See [these docs](https://docs.victoriametrics.com/Cluster-VictoriaMetrics.html#resource-usage-limits) for details.
- Various maintenance tasks such as rolling upgrades or rolling restarts during configuration changes.
For example, if a cluster contains `N=3` `vmstorage` nodes and they are restarted one-by-one (aka rolling restart),
then the cluster will have only `N-1=2` healthy `vmstorage` nodes during the rolling restart.
This means that the load on healthy `vmstorage` nodes increases by at least `100%/(N-1)=50%`
comparing to the load before rolling restart. E.g. they need to process 50% more incoming
data and to return 50% more data during queries. In reality, the load on the remaining `vmstorage`
nodes increases even more because they need to register new time series, which were re-routed
from temporarily unavailable `vmstorage` node. If `vmstorage` nodes had less than 50%
of free resources (CPU, RAM, disk IO) before the rolling restart, then it
can lead to cluster overload and instability for both data ingestion and querying.
The workload increase during rolling restart can be reduced by increasing
the number of `vmstorage` nodes in the cluster. For example, if VictoriaMetrics cluster contains
`N=11` `vmstorage` nodes, then the workload increase during rolling restart of `vmstorage` nodes
would be `100%/(N-1)=10%`. It is recommended to have at least 8 `vmstorage` nodes in the cluster.
The recommended number of `vmstorage` nodes should be multiplied by `-replicationFactor` if replication is enabled -
see [replication and data safety docs](https://docs.victoriametrics.com/Cluster-VictoriaMetrics.html#replication-and-data-safety)
for details.
The obvious solution against VictoriaMetrics cluster instability is to make sure cluster components
have enough free resources for graceful processing of the increased workload.

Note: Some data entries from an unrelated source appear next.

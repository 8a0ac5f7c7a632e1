ghost use Rattle.std.specs.Prelude.{◌≡◌};

use crate::flag_rule::FlagRule;
use crate::next::Next;
use crate::op::Op;
use arrayvec::ArrayVec;

/// A number that an instruction reads.
#[derive(Clone, Copy, Debug, PartialEq, Eq)]
pub enum Atom {
    /// The general register of this number.
    Reg(u8),
    /// This number; a zero register is `Const(0)`.
    Const(u64),
    /// What the effect loads, lowest byte first; 0 where it loads nothing.
    Loaded,
    /// The X register of this number.
    Wide(u8),
}

impl Default for Atom {
    fn default() -> Self
        ensures { result ≡ Atom.Const 0 }
    {
        Atom::Const(0)
    }
}

/// A number that an instruction makes out of up to three others. A general register takes its lowest 64 bits, a
/// store as many bytes as it has.
#[derive(Clone, Copy, Debug, Default, PartialEq, Eq)]
pub struct Value {
    pub op: Op,
    pub a: Atom,
    pub b: Atom,
    pub c: Atom,
    /// The width of the operation in bits.
    pub width: u8,
}

/// Bytes of memory, from the address base plus index times scale plus displacement on, modulo 2^64.
#[derive(Clone, Copy, Debug, Default, PartialEq, Eq)]
pub struct Access {
    /// How many bytes.
    pub width: u8,
    pub base: Atom,
    /// `Const(0)` where there is none.
    pub index: Atom,
    pub scale: u8,
    pub disp: i64,
}

/// What an X register is set to.
#[derive(Clone, Copy, Debug, Default, PartialEq, Eq)]
pub enum WideValue {
    /// The 16 bytes that the effect loads (MOVOU).
    #[default]
    Loaded,
    /// The exclusive or of the X registers of these numbers (PXOR).
    Xor(u8, u8),
}

/// What an instruction does. All that it reads is read before it writes; where one register is written twice,
/// the last write stands. The link of `next` is written last.
#[derive(Debug, Drop)]
pub struct Effect {
    /// The general registers that are written, by number. A write to a zero register isn't listed.
    pub writes: ArrayVec<(u8, Value), 4>,
    /// The X register that is written, by number.
    pub wide: Option<(u8, WideValue)>,
    /// What is loaded.
    pub load: Option<Access>,
    /// What is stored, and where.
    pub store: Option<(Access, Value)>,
    pub flags: FlagRule,
    /// Where the machine goes on.
    pub next: Next,
}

See [capacity planning docs](https://docs.victoriametrics.com/Cluster-VictoriaMetrics.html#capacity-planning)
and [cluster resizing and scalability docs](https://docs.victoriametrics.com/Cluster-VictoriaMetrics.html#cluster-resizing-and-scalability)
for details.
## Monitoring
Having proper [monitoring](https://docs.victoriametrics.com/Single-server-VictoriaMetrics.html#monitoring)
would help identify and prevent most of the issues listed above.

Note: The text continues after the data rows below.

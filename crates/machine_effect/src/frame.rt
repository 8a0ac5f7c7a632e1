use goasm_base::List;

/// A call that was made and hasn't returned, or the first function of a run.
#[derive(Clone, Copy, Debug, Default, PartialEq, Eq)]
pub struct Frame {
    /// The entry of the function that runs in the frame.
    pub func: u64,
    /// The address of the call instruction; `None` for the first frame.
    pub call: Option<u64>,
    /// The return address.
    pub ret: u64,
    /// The stack pointer at the function's entry.
    pub base: u64,
    /// The address at which the return address is saved, where it is.
    pub slot: Option<u64>,
}

/// The frames of a run at one moment, innermost first.
pub type Calls = List<Frame>;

[Grafana dasbhoards](https://grafana.com/orgs/victoriametrics/dashboards) contain panels reflecting the
health state, resource usage and other specific metrics for VictoriaMetrics components.

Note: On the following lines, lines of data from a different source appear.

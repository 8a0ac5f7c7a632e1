ghost use Rattle.std.specs.Prelude.{◌≡◌, ◌+◌, ◌≤◌, ◌^◌, length, OnOk, OnErr, IfSome, None};
ghost use Rattle.std.specs.FinMap as map;
ghost use Rattle.machine_effect.specs.Memory as memory;
ghost use Rattle.machine_effect.specs.Memory.{IsFirstFrom, NoneFrom};

use crate::page::PAGE;
use crate::pages::{self, Pages};
use goasm_base::Memory;
use std::alloc::Global;
use std::collections::BTreeMap;
use std::marker::Model;

/// The memory of a machine: a finite map from addresses to bytes. A byte that isn't in the map can't be
/// accessed. It's kept in pages of 4,096 bytes, so that a word stored where its page stands takes no memory.
#[derive(Drop)]
pub struct Mem {
    pages: Pages,
    alloc: Global,
}

impl Model for Mem {
    ghost use Rattle.std.specs.Prelude.{ℕ};
    ghost use Rattle.std.specs.Ordering.{nat_cmp};
    ghost use Rattle.std.specs.FinMap as map;
    ghost use Rattle.std.specs.Coded.{coded_ℕ};
    ghost use Rattle.machine_effect.specs.Pages.{memory_of, HasLowPages};

    ghost Value = { map.FinMap nat_cmp ℕ };

    ghost coded = { map.code coded_ℕ coded_ℕ };

    ghost view = { λ m. memory_of m.pages.entries };

    ghost invariant = { λ m. HasLowPages m.pages };
}

impl Mem {
    /// An empty memory, which grows by `alloc`. It takes no memory.
    pub fn new(alloc: Global) -> Mem
        ensures { result ≡ map.empty }
    {
        Mem {
            pages: BTreeMap::new(alloc),
            alloc,
        }
    }

    /// Sets these bytes from an address on. After `Memory`, which comes only for want of memory, nothing has
    /// changed.
    pub fn put(&mut self, at: u64, bytes: &[u8]) -> Result<(), Memory>
        requires { at + length bytes.now ≤ 2 ^ 64 }
        ensures ok { OnOk result (self.new ≡ memory.put self.old at bytes.now) }
        ensures err { OnErr result (self.new ≡ self.old) }
    {
        let Some(more) = bytes.len().checked_sub(1) else {
            return Ok(());
        };
        // Only the pages take memory, and a page with no byte isn't seen.
        pages::make(
            self.alloc,
            &mut self.pages,
            at / PAGE,
            (at + more as u64) / PAGE,
        )?;
        pages::write(&mut self.pages, at, bytes);
        Ok(())
    }

    /// The byte at an address; `None` where the address isn't in the map.
    pub fn byte(&self, at: u64) -> Option<u8>
        ensures { result ≡ memory.byte_at self.now at }
    {
        pages::byte(&self.pages, at)
    }

    /// The first of the map's addresses, in rising order, that is at least `from`; `None` where there is none.
    pub fn next(&self, from: u64) -> Option<u64>
        ensures some { IfSome result (λ at. IsFirstFrom self.now from at) }
        ensures none { result ≡ None → NoneFrom self.now from }
    {
        pages::first_from(&self.pages, from)
    }
}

Alerting rules for [single-node](https://github.com/VictoriaMetrics/VictoriaMetrics/blob/master/deployment/docker/alerts.yml)
and [cluster](https://github.com/VictoriaMetrics/VictoriaMetrics/blob/cluster/deployment/docker/alerts.yml) versions
of VictoriaMetrics will notify about issues with Victoriametrics components and provide recommendations for how to solve them.
Internally, we heavily rely both on dashboards and alerts, and constantly improve them.
It is important to stay up to date with such changes.